Longevity, Sirtuins & NAD+: The Nutritional Epigenetics of Ageing Well

A more useful conversation about Longevity, Sirtuins & NAD+: The Nutritional Epigenetics of Ageing Well — EssentialVitalityRitual starts with context. Rather than treating it like a quick fix, this article looks at the rhythms, choices, and conditions that usually shape the outcome over time.

Sirtuins, NAD+, and the Longevity Nutrient Network

The sirtuins are a family of seven NAD+-dependent deacylase enzymes (SIRT1–SIRT7) that remove acetyl and other acyl groups from histone and non-histone proteins, modulating gene expression, DNA repair, mitochondrial biogenesis, and metabolic adaptation. Their dependency on NAD+ as an obligate co-substrate creates a direct mechanistic link between cellular metabolic state — which determines NAD+ availability — and the epigenetic regulation of longevity pathways. SIRT1 and SIRT6 deacetylate histones H3K9 and H3K56 at locations of DNA double-strand breaks, recruiting repair machinery and suppressing the transcriptional "noise" that accumulates at damaged chromatin and redistributes epigenetic marks away from their proper locations. SIRT3 regulates mitochondrial protein acetylation, enhancing electron transport chain efficiency and reducing reactive oxygen species production. SIRT1 activates PGC-1α, driving mitochondrial biogenesis in response to energy deficit — explaining why caloric restriction and intermittent fasting, which increase NAD+ through NAMPT upregulation and PARP competition reduction, produce longevity benefits through a sirtuin-dependent pathway.

NAD+ declines by approximately fifty percent between the ages of forty and sixty in human tissues, tracked in multiple biopsy studies and confirmed by the age-related decline in SIRT1 activity measurable in peripheral blood mononuclear cells. The primary drivers of this decline are increased consumption of NAD+ by PARP enzymes (activated by accumulating DNA damage), CD38 (an NAD+ hydrolase whose expression increases with age-associated inflammation), and reduced synthesis through NAMPT — the rate-limiting enzyme in the NAD+ salvage pathway. Dietary precursors that bypass NAMPT and directly replenish NAD+ levels include nicotinamide riboside (NR) and nicotinamide mononucleotide (NMN), both of which have demonstrated significant NAD+ elevation in human clinical trials at doses of 250–500 mg daily. Food-derived precursors include nicotinamide (niacin, B3) from nutritional yeast, white meat, and fish, and tryptophan — which can be converted to NAD+ via the kynurenine pathway, though this route is metabolically costly and subject to inflammatory diversion.

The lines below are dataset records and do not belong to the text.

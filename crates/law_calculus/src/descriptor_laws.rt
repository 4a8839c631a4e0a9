//! The laws, for what a term reads as and for the row of a record.
ghost use Rattle.std.specs.Prelude.{◌≡◌, ℕ, ◌+◌, ◌≤◌, List, length};
ghost use Rattle.pads_value.specs.Cuts.{Cut, cut_of_frame};
ghost use Rattle.pads_value.specs.declared.descriptor.Pd.{out-Pd};
ghost use Rattle.pads_expr.specs.Value.{Pairs};
ghost use Rattle.pads_calc.specs.declared.decl.Decl.{Decl};
ghost use Rattle.pads_calc.specs.declared.decl.Shape.{Shape};
ghost use Rattle.pads_calc.specs.declared.term.Term.{Term};
ghost use Rattle.pads_calc.specs.Calculus.{meaning};
ghost use Rattle.pads_calc.specs.Places.{EndsWithin};
ghost use Rattle.pads_calc.specs.Readings.{Subject};
ghost use Rattle.pads_calc.specs.Rows.{row_of};
ghost use Rattle.law_calculus.specs.Soundness.{CountsAreSound, SpansAreSound};

use pads_value::Frame;

/// The law for what a term reads as, in each environment, at each place of any record, and with calls
/// nested as deep as one likes.
///
/// Its descriptor's counts and spans are sound, its own span goes from the place where the term stands
/// to the place where the reading ends, and that is not before it and within the bytes.
pub fn readings_have_sound_descriptors()
    ensures counts { (subject : Subject) (decls : List Decl) (depth : ℕ) (t : Term) (env : Pairs) (i : ℕ)
        → CountsAreSound (meaning subject decls depth t env i).pd }
    ensures spans { (subject : Subject) (decls : List Decl) (depth : ℕ) (t : Term) (env : Pairs) (i : ℕ)
        → SpansAreSound (meaning subject decls depth t env i).pd }
    ensures extent { (subject : Subject) (decls : List Decl) (depth : ℕ) (t : Term) (env : Pairs) (i : ℕ)
        → let r = meaning subject decls depth t env i in
        (out-Pd r.pd).span ≡ record { begin = subject.origin + i; end = subject.origin + r.place } }
    ensures within { (subject : Subject) (decls : List Decl) (depth : ℕ) (t : Term) (env : Pairs) (i : ℕ)
        → i ≤ length subject.bytes → EndsWithin subject.bytes i (meaning subject decls depth t env i) }
{}

/// The law for the row of a record, whatever its mark and its number, and whatever the source's shape.
///
/// Its descriptor's counts are sound, and so are its spans where the record's bytes lie in its extent, as
/// those of each frame do. Its own span is the record's extent.
pub fn rows_have_sound_descriptors()
    ensures counts { (decls : List Decl) (shape : Shape) (scan number : ℕ) (cut : Cut)
        → CountsAreSound (row_of decls shape scan number cut).pd }
    ensures spans { (decls : List Decl) (shape : Shape) (scan number : ℕ) (cut : Cut)
        → cut.first + length cut.bytes ≤ cut.end → SpansAreSound (row_of decls shape scan number cut).pd }
    ensures extent { (decls : List Decl) (shape : Shape) (scan number : ℕ) (cut : Cut)
        → (out-Pd (row_of decls shape scan number cut).pd).span ≡ record { begin = cut.first; end = cut.end } }
{}

/// The law for the row of a record that a frame lends: its descriptor's counts and spans are sound, with
/// no premise, since the frame's bytes lie in its extent.
pub fn rows_of_frames_have_sound_descriptors(frame: &Frame)
    ensures counts { (decls : List Decl) (shape : Shape) (scan number : ℕ)
        → CountsAreSound (row_of decls shape scan number (cut_of_frame frame.now)).pd }
    ensures spans { (decls : List Decl) (shape : Shape) (scan number : ℕ)
        → SpansAreSound (row_of decls shape scan number (cut_of_frame frame.now)).pd }
{}
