//! Rows computed on the definition of the calculus.
ghost use Rattle.std.specs.Prelude.{◌≡◌, pos, true, [], codes};
ghost use Rattle.pads_expr.specs.Worth.{Worth, Num, Text, Truth};
ghost use Rattle.law_calculus.specs.Agreement.{ill_worth, AgreesOnSorted};
ghost use Rattle.law_calculus.specs.IllSorted.{as_constraint, as_text, as_width, as_chooser, as_size, as_last, as_argument, read_own, read_with, unit_read, unmet, uncomputed, bad_argument, unchosen, unsized, z_read, ab_read, one_chosen, no_units, units_stalled, one_unit};
ghost use Rattle.law_calculus.specs.Pair.{read_pair, both_there, first_missing, both_out_of_range, all_missing, comma_later};

/// What a struct of a number, a comma that is looked for and a number reads as by the definition: on a record
/// with both numbers, without the first, with both out of their range, without a byte, and with bytes before
/// the comma and behind the second number.
pub fn a_pair_reads_by_the_rules()
    ensures there { read_pair (codes "3,7") ≡ both_there }
    ensures missing { read_pair (codes ",5") ≡ first_missing }
    ensures range { read_pair (codes "300,400") ≡ both_out_of_range }
    ensures empty { read_pair [] ≡ all_missing }
    ensures skipped { read_pair (codes "3;;,7xyz") ≡ comma_later }
{}

/// What a term that isn't sorted reads as depends on what an ill-sorted expression is worth, for each use of
/// an expression that there is: as a constraint, a computed text, a width, a chooser, a size, the condition of
/// the last element and an argument. `others`: all other expressions have their own worths.
pub fn unsorted_readings_need_ill_sorted_worths()
    ensures others { (worth : Worth) → AgreesOnSorted (ill_worth worth) }
    ensures constraint { read_own as_constraint ≡ unmet }
    ensures constraint_met { read_with (Truth true) as_constraint ≡ unit_read }
    ensures text { read_own as_text ≡ uncomputed }
    ensures text_computed { read_with (Text (codes "z")) as_text ≡ z_read }
    ensures width { read_own as_width ≡ bad_argument }
    ensures width_told { read_with (Num (pos 2)) as_width ≡ ab_read }
    ensures chooser { read_own as_chooser ≡ unchosen }
    ensures chooser_told { read_with (Num (pos 1)) as_chooser ≡ one_chosen }
    ensures size { read_own as_size ≡ unsized }
    ensures size_told { read_with (Num (pos 0)) as_size ≡ no_units }
    ensures last { read_own as_last ≡ units_stalled }
    ensures last_met { read_with (Truth true) as_last ≡ one_unit }
    ensures argument { read_own as_argument ≡ bad_argument }
    ensures argument_told { read_with (Num (pos 1)) as_argument ≡ unit_read }
{}
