//! The laws of what readings depend on: expressions that are evaluated, by what they are worth.
ghost use Rattle.std.specs.Prelude.{◌≡◌, ℕ, List};
ghost use Rattle.pads_value.specs.Cuts.{Cut};
ghost use Rattle.pads_expr.specs.Value.{Pairs};
ghost use Rattle.pads_calc.specs.declared.decl.Decl.{Decl};
ghost use Rattle.pads_calc.specs.declared.term.Term.{Term};
ghost use Rattle.pads_calc.specs.Calculus.{meaning};
ghost use Rattle.pads_calc.specs.Readings.{Subject};
ghost use Rattle.pads_calc.specs.Rows.{body_reading};
ghost use Rattle.law_calculus.specs.Agreement.{own_worths, AgreesOnEvaluated, AgreesOnSorted, record_by};
ghost use Rattle.law_calculus.specs.ByWorths.{Worths, meaning_by};
ghost use Rattle.law_calculus.specs.Evaluated.{Moment};
ghost use Rattle.law_calculus.specs.Expressions.{SortScope};
ghost use Rattle.law_calculus.specs.Sorted.{Sorts, AreSorted, IsSorted, Sorted};
ghost use Rattle.law_calculus.specs.Values.{HasSorts};

/// The law of evaluation: the calculus evaluates no other expression than `Evaluates` names. Whatever
/// worths are put in the place of its own, a reading stays the same if they are its own for those. With
/// its own worths for all the reading by worths is the calculus.
pub fn only_these_are_evaluated()
    ensures evaluated { (subject : Subject) (decls : List Decl) (now : Moment) (worths : Worths)
        → AgreesOnEvaluated subject decls now worths
        → meaning_by worths subject decls now.depth now.term now.env now.place ≡ meaning subject decls now.depth now.term now.env now.place }
    ensures own { (subject : Subject) (decls : List Decl) (depth : ℕ) (t : Term) (env : Pairs) (i : ℕ)
        → meaning_by own_worths subject decls depth t env i ≡ meaning subject decls depth t env i }
{}

/// The law of sorted readings: whatever ill-sorted expressions are taken to be worth, a sorted term reads
/// the same in an environment whose bindings have the sorts of their names or are Missing, and so does a
/// record of a type of a sorted module.
pub fn sorted_readings_need_nothing_ill_sorted()
    ensures term { (subject : Subject) (decls : List Decl) (sorts : Sorts) (scope : SortScope) (now : Moment) (worths : Worths)
        → AgreesOnSorted worths → AreSorted sorts decls → IsSorted sorts scope now.term → HasSorts sorts.declared scope now.env
        → meaning_by worths subject decls now.depth now.term now.env now.place ≡ meaning subject decls now.depth now.term now.env now.place }
    ensures record_reading { (decls : List Decl) (scan number : ℕ) (cut : Cut) (worths : Worths)
        → AgreesOnSorted worths → Sorted decls → record_by worths decls scan number cut ≡ body_reading decls scan number cut }
{}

Methylation, Epigenetic Clocks, and Dietary Methyl Donors

The Horvath epigenetic clock — a DNA methylation-based biological age estimator trained on methylation patterns at CpG sites across the genome — can predict chronological age with remarkable accuracy and, more clinically usefully, identifies individuals whose biological age differs from their chronological age by decades. Dietary and lifestyle factors that predict younger biological age by epigenetic clock measures include higher vegetable intake, lower processed meat consumption, consistent aerobic exercise, adequate sleep, and — most specifically — dietary sufficiency in one-carbon metabolic nutrients: folate, B12, B6, choline, betaine, and methionine. These nutrients collectively supply the methyl groups that maintain DNA methylation patterns at tumour suppressor genes, imprinting control regions, and transposable element promoters — the CpG methylation that, when lost through dietary methyl donor insufficiency, allows epigenetic age acceleration and the de-repression of genomic instability elements. The dietary pattern that most consistently preserves epigenetic youth — as measured by both Horvath clock deceleration and longer telomere length in prospective studies — is a varied whole-food diet centred on dark leafy greens (for folate and B vitamins), eggs (for choline and B12), legumes (for folate and betaine), and marine foods (for B12, omega-3, and selenium) — a pattern that addresses multiple longevity pathways simultaneously rather than optimising any single nutrient in isolation.